:: Data for processing ::
- - - - -

// What the index of records holds.

/// What an entry of the index stands under: a record, by the hash of its key and its place. Keys are ordered by the hash,
/// then by the file, then by the offset.
#[derive(Clone, Copy, Debug, PartialEq, Eq, PartialOrd, Ord)]
pub struct IndexKey {
    /// The hash of the record's key, cut to the bits of the index.
    pub hash: u32,
    /// The number of the record's data file, 1 to 4,294,967,294.
    pub file: u32,
    /// The record's offset there.
    pub at: u32,
}

/// What the index holds of a record.
#[derive(Clone, Copy, Debug, PartialEq, Eq)]
pub struct IndexValue {
    /// The record's length, in bytes.
    pub length: u32,
    /// How many records of its key stand in all data files that a crash may leave, 1 or more.
    pub count: u64,
    /// Whether the record removes its key.
    pub gone: bool,
}
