// Reads a store from standard input and prints its sheet, or its refusal. It lends 16,384 words.
#![tactic(auto)]

use std::io::Write;
use store::WORDS;
use streams::{read_input, text_size};

// One byte more than a store may have is enough to be refused. Sixteen bytes for each lent word are room for every sheet.
fn main(rt: HostRuntime) {
    let mut bytes = [0u8; 8193];
    let mut words = [0u16; WORDS];
    let mut out = [0u32; 16384];
    let mut text = [0u8; 262144];
    let Ok(n) = read_input(&mut rt.stdin(), &mut bytes) else {
        let _ = rt
            .stderr()
            .write_all(b"nest: standard input cannot be read\n");
        return;
    };
    let written = text_nest::print(&bytes[..n], &mut words, &mut out, &mut text);
    let size = text_size(written, &text);
    if rt.stdout().write_all(&text[..size]).is_err() {
        let _ = rt
            .stderr()
            .write_all(b"nest: standard output cannot be written\n");
    }
}
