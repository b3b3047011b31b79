//! The calls on servers.
ghost use Rattle.std.specs.Prelude.{◌≡◌, []};
ghost use Rattle.hub_api.specs.Refusals.{Gives};
ghost use Rattle.hub_api.specs.Readings as spec;
ghost use Rattle.hub_api.specs.Calls as paths;

use crate::method::Method;
use crate::parts::{body_of, name_at, truth};
use crate::refusal::ApiRefusal;
use http_wire::request::Request;
use hub_kit::names::{ServerKey, ServerName, UserName, read_server};
use hub_machine::call::Call;
use hub_paths::Path;
use std::alloc::Global;

/// `/users/{user}/server`, by its methods.
pub(crate) fn default_server(
    alloc: Global,
    method: Method,
    request: &Request,
) -> Result<Call, ApiRefusal>
    ensures { Gives result (paths.default_server method request.now) }
{
    match method {
        Method::Post => Ok(Call::PostServer {
            server: default_server_at(alloc, request)?,
        }),
        Method::Delete => Ok(Call::DeleteServer {
            server: default_server_at(alloc, request)?,
            remove: remove_of(alloc, request)?,
        }),
        _ => Err(ApiRefusal::NoMethod),
    }
}

/// `/users/{user}/servers/{server}`, by its methods.
pub(crate) fn named_server(
    alloc: Global,
    method: Method,
    request: &Request,
) -> Result<Call, ApiRefusal>
    ensures { Gives result (paths.named_server method request.now) }
{
    match method {
        Method::Post => Ok(Call::PostServer {
            server: named_server_at(alloc, request)?,
        }),
        Method::Delete => Ok(Call::DeleteServer {
            server: named_server_at(alloc, request)?,
            remove: remove_of(alloc, request)?,
        }),
        _ => Err(ApiRefusal::NoMethod),
    }
}

/// The default server of the user that the path names.
#[tactic(auto, unfolding(crate::specs::Readings::default_server_at))]
fn default_server_at(alloc: Global, request: &Request) -> Result<ServerKey, ApiRefusal>
    ensures { Gives result (spec.default_server_at request.now) }
{
    let user: UserName = name_at(alloc, request, Path::DefaultServer, "{user}")?;
    Ok(ServerKey {
        user,
        server: default_name(),
    })
}

/// The name of the default server.
fn default_name() -> ServerName
    ensures { result ≡ [] }
{
    match read_server(b"") {
        Ok(name) => name,
        Err(_) => unreachable!(),
    }
}

/// The server that the path names.
#[tactic(auto, unfolding(crate::specs::Readings::named_server_at))]
fn named_server_at(alloc: Global, request: &Request) -> Result<ServerKey, ApiRefusal>
    ensures { Gives result (spec.named_server_at request.now) }
{
    let user: UserName = name_at(alloc, request, Path::NamedServer, "{user}")?;
    let server: ServerName = name_at(alloc, request, Path::NamedServer, "{server}")?;
    Ok(ServerKey { user, server })
}

/// Whether the body says that the server is to go too.
fn remove_of(alloc: Global, request: &Request) -> Result<bool, ApiRefusal>
    ensures { Gives result (spec.remove_of request.now) }
{
    let body = body_of(alloc, request)?;
    let remove = truth(&body, "remove");
    drop(body);
    remove
}
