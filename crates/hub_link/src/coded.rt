//! A reply in chunks, as the same reply by its length.
ghost use Rattle.std.specs.Prelude.{◌≡◌, ◌≤◌, ◌<◌, length, map, take, IfOk};
ghost use Rattle.httparse.specs.Spans.{IsResponseWithin, IsResponseOf};
ghost use Rattle.http_wire.specs.Head.{header_at};
ghost use Rattle.hub_link.specs.Chunked as spec;
ghost use Rattle.hub_link.specs.Chunked.{IsCoded};
ghost use Rattle.hub_link.specs.Replies.{IsReply};

use crate::chunked::chunked_data;
use crate::codings::{Coding, coding_said, may_have_chunks};
use crate::replies::{Front, find_front, length_said};
use http_wire::heads::HEADER_LIMIT;
use httparse::spans::{EMPTY_HEADER_SPAN, HeaderSpan, ResponseSpans};
use hub_kit::bytes::Bytes;
use std::alloc::{AllocError, Global};

/// What bytes are to who reads a reply by its length.
#[derive(Drop)]
pub enum Coded {
    /// No coding is said: they are read as they stand.
    Plain,
    /// A reply in chunks, as the same reply by its length.
    Chunks(Bytes),
    /// A coding other than `chunked` alone is said, or a length beside it, or no whole chunked body follows.
    Refused,
}

/// A reply of a status and a body, by its length.
fn by_length(alloc: Global, status: u16, body: &[u8]) -> Result<Bytes, AllocError>
    requires least { 100 ≤ status }
    requires most { status < 1000 }
    ensures { IfOk result (λ text. IsReply text status body.now) }
{
    let size = body.len();
    let code = format!(in alloc; "{status}")?;
    let digits = format!(in alloc; "{size}")?;
    let mut text = Bytes::new(alloc);
    text.push_all(b"HTTP/1.1 ")?;
    text.push_all(code.as_bytes())?;
    text.push_all(b"\r\nContent-Length: ")?;
    text.push_all(digits.as_bytes())?;
    text.push_all(b"\r\n\r\n")?;
    text.push_all(body)?;
    Ok(text)
}

/// What bytes are whose head says `chunked` alone.
fn in_chunks(
    alloc: Global,
    bytes: &[u8],
    spans: &[HeaderSpan],
    r: ResponseSpans,
) -> Result<Coded, AllocError>
    requires within { IsResponseWithin bytes.now spans.now r }
    requires head { IsResponseOf bytes.now spans.now r }
    requires room { length spans.now ≡ 64 }
    requires coded { spec.coding_said (map (header_at bytes.now) (take r.headers spans.now)) ≡ Coding.Chunked }
    ensures { IfOk result (IsCoded bytes.now) }
{
    let said = length_said(bytes, &spans[..r.headers]);
    if !may_have_chunks(r.code, r.version, said) {
        return Ok(Coded::Refused);
    }
    match chunked_data(alloc, &bytes[r.len..])? {
        Some(body) => Ok(Coded::Chunks(by_length(alloc, r.code, body.as_slice())?)),
        None => Ok(Coded::Refused),
    }
}

/// What bytes are whose head stands in front.
fn by_head(
    alloc: Global,
    bytes: &[u8],
    spans: &[HeaderSpan],
    r: ResponseSpans,
) -> Result<Coded, AllocError>
    requires within { IsResponseWithin bytes.now spans.now r }
    requires head { IsResponseOf bytes.now spans.now r }
    requires room { length spans.now ≡ 64 }
    ensures { IfOk result (IsCoded bytes.now) }
{
    match coding_said(bytes, &spans[..r.headers]) {
        Coding::Nothing => Ok(Coded::Plain),
        Coding::Chunked => in_chunks(alloc, bytes, spans, r),
        Coding::Other => Ok(Coded::Refused),
    }
}

/// What bytes are to who reads a reply by its length. They stay as they stand where no coding is said. A reply in chunks is the same reply
/// by its length: of HTTP/1.1, with a status from 100 on, without a length, and with one whole chunked body and nothing behind it. All else
/// that says a coding is refused. A head has at most 64 headers, and a size line and a trailer each have at most 16,384 bytes.
pub fn uncode(alloc: Global, bytes: &[u8]) -> Result<Coded, AllocError>
    ensures { IfOk result (IsCoded bytes.now) }
{
    let mut spans = [EMPTY_HEADER_SPAN; HEADER_LIMIT];
    match find_front(bytes, &mut spans) {
        Front::Whole(r) => by_head(alloc, bytes, &spans, r),
        Front::Other => Ok(Coded::Plain),
    }
}
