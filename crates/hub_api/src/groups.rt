//! The calls on groups.
ghost use Rattle.hub_api.specs.Refusals.{Gives};
ghost use Rattle.hub_api.specs.Readings as spec;
ghost use Rattle.hub_api.specs.Calls as paths;

use crate::method::Method;
use crate::parts::{body_of, list, name_at, page_of, some_names};
use crate::refusal::ApiRefusal;
use http_wire::request::Request;
use hub_kit::list::List;
use hub_kit::names::{GroupName, UserName};
use hub_machine::call::Call;
use hub_paths::Path;
use std::alloc::Global;

/// `/groups`, by its methods.
pub(crate) fn groups(alloc: Global, method: Method, request: &Request) -> Result<Call, ApiRefusal>
    ensures { Gives result (paths.groups method request.now) }
{
    match method {
        Method::Get => get_groups(alloc, request),
        _ => Err(ApiRefusal::NoMethod),
    }
}

/// The group that the path names.
fn group_at(alloc: Global, request: &Request) -> Result<GroupName, ApiRefusal>
    ensures { Gives result (spec.group_at request.now) }
{
    name_at(alloc, request, Path::Group, "{group}")
}

/// `/groups/{group}`, by its methods.
pub(crate) fn group(alloc: Global, method: Method, request: &Request) -> Result<Call, ApiRefusal>
    ensures { Gives result (paths.group method request.now) }
{
    match method {
        Method::Get => Ok(Call::GetGroup {
            group: group_at(alloc, request)?,
        }),
        Method::Post => post_group(alloc, request),
        Method::Delete => Ok(Call::DeleteGroup {
            group: group_at(alloc, request)?,
        }),
        _ => Err(ApiRefusal::NoMethod),
    }
}

/// `/groups/{group}/users`, by its methods.
pub(crate) fn members(alloc: Global, method: Method, request: &Request) -> Result<Call, ApiRefusal>
    ensures { Gives result (paths.members method request.now) }
{
    match method {
        Method::Post => join_group(alloc, request),
        Method::Delete => leave_group(alloc, request),
        _ => Err(ApiRefusal::NoMethod),
    }
}

#[tactic(auto, unfolding(crate::specs::Readings::get_groups))]
fn get_groups(alloc: Global, request: &Request) -> Result<Call, ApiRefusal>
    ensures { Gives result (spec.get_groups request.now) }
{
    Ok(Call::GetGroups {
        page: page_of(alloc, request)?,
    })
}

#[tactic(auto, unfolding(crate::specs::Readings::post_group))]
fn post_group(alloc: Global, request: &Request) -> Result<Call, ApiRefusal>
    ensures { Gives result (spec.post_group request.now) }
{
    let group = group_at(alloc, request)?;
    let body = body_of(alloc, request)?;
    let users: Result<List<UserName>, ApiRefusal> = list(alloc, &body, "users");
    drop(body);
    Ok(Call::PostGroup {
        group,
        users: users?,
    })
}

/// The group that the path names, and the users that the body names.
#[tactic(auto, unfolding(crate::specs::Readings::members_at))]
fn members_at(alloc: Global, request: &Request) -> Result<(GroupName, List<UserName>), ApiRefusal>
    ensures { Gives result (spec.members_at request.now) }
{
    let group: GroupName = name_at(alloc, request, Path::Members, "{group}")?;
    let body = body_of(alloc, request)?;
    let users = some_names(alloc, &body, "users");
    drop(body);
    Ok((group, users?))
}

fn join_group(alloc: Global, request: &Request) -> Result<Call, ApiRefusal>
    ensures { Gives result (spec.join_group request.now) }
{
    let (group, users) = members_at(alloc, request)?;
    Ok(Call::JoinGroup { group, users })
}

fn leave_group(alloc: Global, request: &Request) -> Result<Call, ApiRefusal>
    ensures { Gives result (spec.leave_group request.now) }
{
    let (group, users) = members_at(alloc, request)?;
    Ok(Call::LeaveGroup { group, users })
}
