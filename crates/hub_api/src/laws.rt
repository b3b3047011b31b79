//! What some requests ask.
ghost use Rattle.std.specs.Prelude.{◌≡◌, [], codes, Ok, Err, None};
ghost use Rattle.hub_api.specs.Calls.{asked, call_read};

use crate::refusal::ApiRefusal;
use http_wire::request::Request;
use hub_machine::call::Call;

/// `GET /hub/api/user` asks who the owner of the token is.
pub fn a_user_is_asked(request: &Request)
    requires path { request.now.path ≡ codes "/hub/api/user" }
    requires method { request.now.method ≡ codes "GET" }
    requires query { request.now.query ≡ [] }
    ensures { call_read request.now ≡ Ok (asked request.now (Call.GetIdentity None)) }
{}

/// `GET /hub/api/` asks the version.
pub fn a_version_is_asked(request: &Request)
    requires path { request.now.path ≡ codes "/hub/api/" }
    requires method { request.now.method ≡ codes "GET" }
    ensures { call_read request.now ≡ Ok (asked request.now Call.GetVersion) }
{}

/// `GET /hub/api/users/ann` asks the user ann.
pub fn a_named_user_is_asked(request: &Request)
    requires path { request.now.path ≡ codes "/hub/api/users/ann" }
    requires method { request.now.method ≡ codes "GET" }
    ensures { call_read request.now ≡ Ok (asked request.now (Call.GetUser (codes "ann"))) }
{}

/// A path that ends where a name should stand is none.
pub fn no_name_is_no_path(request: &Request)
    requires { request.now.path ≡ codes "/hub/api/users/" }
    ensures { call_read request.now ≡ Err ApiRefusal.NoPath }
{}

/// `POST /hub/api/users` needs names in its body.
pub fn users_are_needed(request: &Request)
    requires path { request.now.path ≡ codes "/hub/api/users" }
    requires method { request.now.method ≡ codes "POST" }
    requires body { request.now.body ≡ [] }
    ensures { call_read request.now ≡ Err ApiRefusal.BadBody }
{}
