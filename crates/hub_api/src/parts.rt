//! What a request says, with the refusal where it isn't of its form: the names in its path, the values of its query, and the
//! members of its body.
ghost use Rattle.std.specs.Prelude.{◌≡◌, Some, ok_or};
ghost use Rattle.serde_json.specs.View.{view};
ghost use Rattle.request_parts.specs.Bodies.{optional_at};
ghost use Rattle.hub_api.specs.Refusals.{Gives, GivesView};
ghost use Rattle.hub_api.specs.Names.{read_at};
ghost use Rattle.hub_api.specs.Queries as spec_queries;
ghost use Rattle.hub_api.specs.Bodies as spec;

use crate::refusal::ApiRefusal;
use http_wire::request::Request;
use hub_kit::list::List;
use hub_kit::moment::Moment;
use hub_kit::names::{GroupName, ServerKey, ServerName, UserName, read_key};
use hub_kit::text::Text;
use hub_paths::Path;
use hub_rows::keys::Recipient;
use hub_view::Page;
use request_parts::activity::activity_at;
use request_parts::body::{
    body_object, list_at, number_at, number_or, optional_at, truth_at, truth_or,
};
use request_parts::from_text::FromText;
use request_parts::path::{read_in_path, segment_number};
use request_parts::query::{decimal_of, query_number, query_value};
use request_parts::scopes::read_scopes;
use scope_filters::scope::RawScope;
use serde_json::Value;
use std::alloc::Global;

/// What the segment is that stands where a name stands in the text of a path. `BadName` has its number where it isn't of the form.
#[tactic(auto, unfolding(crate::specs::Names::read_at))]
pub(crate) fn name_at<N: FromText>(
    alloc: Global,
    request: &Request,
    path: Path,
    name: &str,
) -> Result<N, ApiRefusal>
    ensures { Gives result (read_at N.reads path name.now request.now) }
{
    let n = segment_number(path.text(), name);
    match read_in_path(alloc, request.path.as_str(), n)? {
        Some(name) => Ok(name),
        None => Err(ApiRefusal::BadName(n)),
    }
}

/// The part of a list that the query asks, which has one object at least, and whether it is told as a page.
#[tactic(auto, unfolding(crate::specs::Queries::page_of))]
pub(crate) fn page_of(alloc: Global, request: &Request) -> Result<Page, ApiRefusal>
    ensures { Gives result (spec_queries.page_of request.now) }
{
    let offset = number_of(alloc, request, "offset", 0)?;
    let limit = number_of(alloc, request, "limit", 50)?;
    if limit == 0 {
        return Err(ApiRefusal::BadQuery);
    }
    Ok(Page {
        offset,
        limit,
        paged: request.paged,
    })
}

/// A number of the query, or a default where its key is absent.
#[tactic(auto, unfolding(crate::specs::Queries::number_of))]
fn number_of(alloc: Global, request: &Request, key: &str, default: u64) -> Result<u64, ApiRefusal>
    ensures { Gives result (spec_queries.number_of key.now default request.now) }
{
    match query_number(alloc, request.query.as_str(), key, default)? {
        Some(number) => Ok(number),
        None => Err(ApiRefusal::BadQuery),
    }
}

/// The server that the key `for` of the query names.
#[tactic(auto, unfolding(crate::specs::Queries::server_of))]
pub(crate) fn server_of(alloc: Global, request: &Request) -> Result<Option<ServerKey>, ApiRefusal>
    ensures { Gives result (spec_queries.server_of request.now) }
{
    match query_value(alloc, request.query.as_str(), "for")? {
        None => Ok(None),
        Some(text) => match read_key(text.as_bytes()) {
            Ok(key) => Ok(Some(key)),
            Err(_) => Err(ApiRefusal::BadQuery),
        },
    }
}

/// The number that the key `id` of the query is, where it is given.
#[tactic(auto, unfolding(crate::specs::Queries::id_of))]
pub(crate) fn id_of(alloc: Global, request: &Request) -> Result<Option<u64>, ApiRefusal>
    ensures { Gives result (spec_queries.id_of request.now) }
{
    match query_value(alloc, request.query.as_str(), "id")? {
        None => Ok(None),
        Some(text) => match decimal_of(text.as_bytes()) {
            Some(id) => Ok(Some(id)),
            None => Err(ApiRefusal::BadQuery),
        },
    }
}

/// The one JSON object that the body is.
#[tactic(auto, unfolding(crate::specs::Bodies::body_of))]
pub(crate) fn body_of(alloc: Global, request: &Request) -> Result<Value, ApiRefusal>
    ensures { GivesView result (spec.body_of request.now) }
{
    match body_object(alloc, request.body.as_slice())? {
        Some(body) => Ok(body),
        None => Err(ApiRefusal::BadBody),
    }
}

/// A truth value whose key has to stand in the body.
#[tactic(auto, unfolding(crate::specs::Bodies::needed_truth))]
pub(crate) fn needed_truth(body: &Value, key: &str) -> Result<bool, ApiRefusal>
    ensures { result ≡ spec.needed_truth key.now (view body.now) }
{
    match truth_at(body, key) {
        Some(value) => Ok(value),
        None => Err(ApiRefusal::BadBody),
    }
}

/// A truth value of the body that is false where its key is absent.
#[tactic(auto, unfolding(crate::specs::Bodies::truth))]
pub(crate) fn truth(body: &Value, key: &str) -> Result<bool, ApiRefusal>
    ensures { result ≡ spec.truth key.now (view body.now) }
{
    match truth_or(body, key, false) {
        Some(value) => Ok(value),
        None => Err(ApiRefusal::BadBody),
    }
}

/// A moment of the body, which may be absent.
#[tactic(auto, unfolding(crate::specs::Bodies::moment))]
pub(crate) fn moment(alloc: Global, body: &Value, key: &str) -> Result<Option<Moment>, ApiRefusal>
    ensures { Gives result (spec.moment key.now (view body.now)) }
{
    match optional_at(alloc, body, key)? {
        Some(moment) => Ok(moment),
        None => Err(ApiRefusal::BadBody),
    }
}

/// A text of the body of at most 256 bytes, which is empty where its key is absent.
#[tactic(auto, unfolding(crate::specs::Bodies::note))]
pub(crate) fn note(alloc: Global, body: &Value, key: &str) -> Result<Text, ApiRefusal>
    ensures { Gives result (spec.note key.now (view body.now)) }
{
    match optional_at(alloc, body, key)? {
        Some(text) => note_of(alloc, text),
        None => Err(ApiRefusal::BadBody),
    }
}

fn note_of(alloc: Global, text: Option<Text>) -> Result<Text, ApiRefusal>
    ensures { result ≡ spec.note_of text }
{
    match text {
        None => Ok(Text::new(alloc)),
        Some(text) => {
            if text.as_bytes().len() <= 256 {
                Ok(text)
            } else {
                Err(ApiRefusal::BadBody)
            }
        }
    }
}

/// 1 to 4,294,967,295 seconds of the body, or no end where their key is absent or null.
#[tactic(auto, unfolding(crate::specs::Bodies::seconds))]
pub(crate) fn seconds(body: &Value, key: &str) -> Result<Option<u32>, ApiRefusal>
    ensures { result ≡ spec.seconds key.now (view body.now) }
{
    match number_at(body, key) {
        Some(number) => seconds_of(number),
        None => Err(ApiRefusal::BadBody),
    }
}

fn seconds_of(number: Option<u64>) -> Result<Option<u32>, ApiRefusal>
    ensures { result ≡ spec.seconds_of number }
{
    match number {
        None => Ok(None),
        Some(n) => {
            if 1 <= n && n <= 4_294_967_295 {
                Ok(Some(n as u32))
            } else {
                Err(ApiRefusal::BadBody)
            }
        }
    }
}

/// At most 4,294,967,295 seconds of the body, which are a day where their key is absent.
#[tactic(auto, unfolding(crate::specs::Bodies::life))]
pub(crate) fn life(body: &Value, key: &str) -> Result<u32, ApiRefusal>
    ensures { result ≡ spec.life key.now (view body.now) }
{
    match number_or(body, key, 86_400) {
        Some(seconds) => {
            if seconds <= 4_294_967_295 {
                Ok(seconds as u32)
            } else {
                Err(ApiRefusal::BadBody)
            }
        }
        None => Err(ApiRefusal::BadBody),
    }
}

/// A text whose key has to stand in the body.
#[tactic(auto, unfolding(crate::specs::Bodies::needed_text))]
pub(crate) fn needed_text(alloc: Global, body: &Value, key: &str) -> Result<Text, ApiRefusal>
    ensures { Gives result (spec.needed_text key.now (view body.now)) }
{
    match optional_at(alloc, body, key)? {
        Some(Some(text)) => Ok(text),
        _ => Err(ApiRefusal::BadBody),
    }
}

/// The one whom the body names by `user` or `group`: nobody where it has neither or both.
#[tactic(auto, unfolding(crate::specs::Bodies::recipient))]
pub(crate) fn recipient(alloc: Global, body: &Value) -> Result<Option<Recipient>, ApiRefusal>
    ensures { Gives result (spec.recipient (view body.now)) }
{
    let user: Option<UserName> = name_or_none(alloc, body, "user")?;
    let group: Option<GroupName> = name_or_none(alloc, body, "group")?;
    Ok(one_of(user, group))
}

/// A name of the body, which may be absent.
fn name_or_none<N: FromText>(
    alloc: Global,
    body: &Value,
    key: &str,
) -> Result<Option<N>, ApiRefusal>
    ensures { Gives result (ok_or (optional_at N.reads key.now (view body.now)) ApiRefusal.BadBody) }
{
    match optional_at(alloc, body, key)? {
        Some(name) => Ok(name),
        None => Err(ApiRefusal::BadBody),
    }
}

fn one_of(user: Option<UserName>, group: Option<GroupName>) -> Option<Recipient>
    ensures { result ≡ spec.one_of user group }
{
    match (user, group) {
        (Some(user), None) => Some(Recipient::User(user)),
        (None, Some(group)) => Some(Recipient::Group(group)),
        _ => None,
    }
}

/// Of each of some servers its name, and when it was last active, if that is told.
#[tactic(auto, unfolding(crate::specs::Bodies::activity))]
pub(crate) fn activity_of(
    alloc: Global,
    body: &Value,
    key: &str,
) -> Result<List<(ServerName, Option<Moment>)>, ApiRefusal>
    ensures { Gives result (spec.activity key.now (view body.now)) }
{
    match activity_at(alloc, body, key)? {
        Some(servers) => Ok(servers),
        None => Err(ApiRefusal::BadBody),
    }
}

/// A list of texts of a form, which is empty where its key is absent.
#[tactic(auto, unfolding(crate::specs::Bodies::list))]
pub(crate) fn list<N: FromText>(
    alloc: Global,
    body: &Value,
    key: &str,
) -> Result<List<N>, ApiRefusal>
    ensures { Gives result (spec.list N.reads key.now (view body.now)) }
{
    match list_at(alloc, body, key)? {
        Some(items) => Ok(items),
        None => Err(ApiRefusal::BadBody),
    }
}

/// A list of 1 to 1,000 names.
#[tactic(auto, unfolding(crate::specs::Bodies::some_names))]
pub(crate) fn some_names(
    alloc: Global,
    body: &Value,
    key: &str,
) -> Result<List<UserName>, ApiRefusal>
    ensures { Gives result (spec.some_names key.now (view body.now)) }
{
    let names: List<UserName> = list(alloc, body, key)?;
    if 1 <= names.len() && names.len() <= 1000 {
        Ok(names)
    } else {
        Err(ApiRefusal::BadBody)
    }
}

/// A list of 1 to 1,000 distinct names.
#[tactic(auto, unfolding(crate::specs::Bodies::distinct_names))]
pub(crate) fn distinct_names(
    alloc: Global,
    body: &Value,
    key: &str,
) -> Result<List<UserName>, ApiRefusal>
    ensures { Gives result (spec.distinct_names key.now (view body.now)) }
{
    let names = some_names(alloc, body, key)?;
    if are_distinct(names.as_slice()) {
        Ok(names)
    } else {
        Err(ApiRefusal::BadBody)
    }
}

/// Whether no name stands twice in a list.
#[tactic(auto, using(crate::proofs::Distinct::twice, crate::proofs::Distinct::once))]
fn are_distinct(names: &[UserName]) -> bool
    ensures { result ≡ spec.are_distinct names.now }
{
    for i in 0..names.len() {
        if names[i + 1..].contains(&names[i]) {
            return false;
        }
    }
    true
}

/// At most 64 texts that are to be scopes.
#[tactic(auto, unfolding(crate::specs::Bodies::scope_texts))]
pub(crate) fn scope_texts(alloc: Global, body: &Value) -> Result<List<Text>, ApiRefusal>
    ensures { Gives result (spec.scope_texts (view body.now)) }
{
    let texts: List<Text> = list(alloc, body, "scopes")?;
    if texts.len() <= 64 {
        Ok(texts)
    } else {
        Err(ApiRefusal::BadBody)
    }
}

/// The scopes that the texts are. `BadScope` tells the first that is none.
#[tactic(auto, unfolding(crate::specs::Bodies::scopes))]
pub(crate) fn scopes(alloc: Global, texts: &List<Text>) -> Result<List<RawScope>, ApiRefusal>
    ensures { Gives result (spec.scopes texts.now) }
{
    match read_scopes(alloc, texts.as_slice())? {
        Ok(scopes) => Ok(scopes),
        Err(fault) => Err(ApiRefusal::BadScope {
            index: fault.index,
            error: fault.error,
        }),
    }
}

- - - - -

:: What to do ::
Filter the entries down to the lines with the word "struct" in them, and copy those lines.

:: Solution ::
pub struct IndexKey {
pub struct IndexValue {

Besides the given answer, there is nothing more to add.